The authors employ a combination of analytical modeling and Monte Carlo simulations to study a one-dimensional lattice model.

• The Model:

  • A single particle hops on an infinite 1D lattice.
  • Quenched Disorder: At each site $i$, the probability of hopping right ($q_i$) and left ($p_i = 1-q_i$) is drawn independently from a power-law distribution:
    $$P(p_i) = \frac{\lambda}{p_l} \left(\frac{p_i}{p_l}\right)^{1+\lambda}$$
    where $p_l$ is the lower cutoff and $\lambda$ is the scaling parameter.
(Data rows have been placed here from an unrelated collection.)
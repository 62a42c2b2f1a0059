//! Rows and names as text.

use at_base::{Addr, Text32};
use case_words::{Stop, Words, put_text};
use rtmp::{Row, State};
use std::alloc::{AllocError, Global};

fn state(words: &mut Words<'_>) -> Result<State, Stop> {
    Ok(match words.word() {
        "good" => State::Good,
        "suspect" => State::Suspect,
        "bad" => State::Bad,
        "last" => State::Last,
        _ => return Err(Stop::Unclear),
    })
}

fn state_word(state: State) -> &'static str {
    match state {
        State::Good => "good",
        State::Suspect => "suspect",
        State::Bad => "bad",
        State::Last => "last",
    }
}

/// A row, as `10-19 distance 0 port 0 next 0.0 good`.
pub(crate) fn row(words: &mut Words<'_>) -> Result<Row, Stop> {
    Ok(Row {
        range: words.range()?,
        distance: words.named("distance")?,
        port: words.named("port")?,
        next: next(words)?,
        state: state(words)?,
    })
}

fn next(words: &mut Words<'_>) -> Result<Addr, Stop> {
    words.expect("next")?;
    words.addr()
}

/// Appends the line of a row.
pub(crate) fn put_row(text: &mut String, row: &Row) -> Result<(), AllocError> {
    let (range, distance, port, next) = (row.range, row.distance, row.port, row.next);
    let state = state_word(row.state);
    writeln!(
        text,
        "{range} distance {distance} port {port} next {next} {state}"
    )
}

/// The object and the type of a name.
#[derive(Clone, Copy)]
pub(crate) struct Entity {
    pub(crate) object: Text32,
    pub(crate) kind: Text32,
}

/// Skips a character between two texts.
fn pass_over<'a>(words: &mut Words<'a>, mark: char) -> Result<(), Stop> {
    match words.rest().strip_prefix(mark) {
        Some(rest) => {
            *words = Words::new(rest);
            Ok(())
        }
        None => Err(Stop::Unclear),
    }
}

/// An object and a type, as `"lab":"LaserWriter"`.
pub(crate) fn entity_of(alloc: Global, words: &mut Words<'_>) -> Result<Entity, Stop> {
    let object = words.text32(alloc)?;
    pass_over(words, ':')?;
    let kind = words.text32(alloc)?;
    Ok(Entity { object, kind })
}

/// The zone of a lookup, as `@"Blue"`.
pub(crate) fn zone(alloc: Global, words: &mut Words<'_>) -> Result<Text32, Stop> {
    pass_over(words, '@')?;
    words.text32(alloc)
}

/// Appends an object and a type.
pub(crate) fn put_entity(
    text: &mut String,
    object: &Text32,
    kind: &Text32,
) -> Result<(), AllocError> {
    put_text(text, object.as_slice())?;
    write!(text, ":")?;
    put_text(text, kind.as_slice())
}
These probabilities remain fixed (quenched) for the duration of the simulation.
  • Regimes: Two distinct regimes are analyzed based on the bias of the hopping probabilities:
    1. Strongly Biased: $p_i \in [0.03, 0.1]$ (net drift to the right).
    2. Less Biased: $p_i \in [0.36, 0.64]$ (significant stochastic fluctuations with net drift).

• Resetting Protocols:

  • Reset Times: The time intervals between resets are drawn from various distributions:
    • Gamma Distribution: Motivated by experimental microtubule data.
    • Exponential Distribution: Standard Poissonian resetting.
    • Power-Law Distribution: To investigate heavy-tailed waiting times.
  • Reset Destinations:
    1. Initial Position: The particle returns to $X(0)$.
    2. Random Visited Site: The particle resets to a uniformly chosen position between $X(0)$ and the current position $X(t)$.

• Observables:

  • Mean displacement $\Delta(t)$.
  • Distribution of reset lengths ($l_r$).
  • First-passage time (FPT) distributions to a fixed distance $d$.
  • Steady-state probability distributions of displacement.

3. Key Contributions and Results

A. Microtubule-Inspired Dynamics (Gamma Resetting)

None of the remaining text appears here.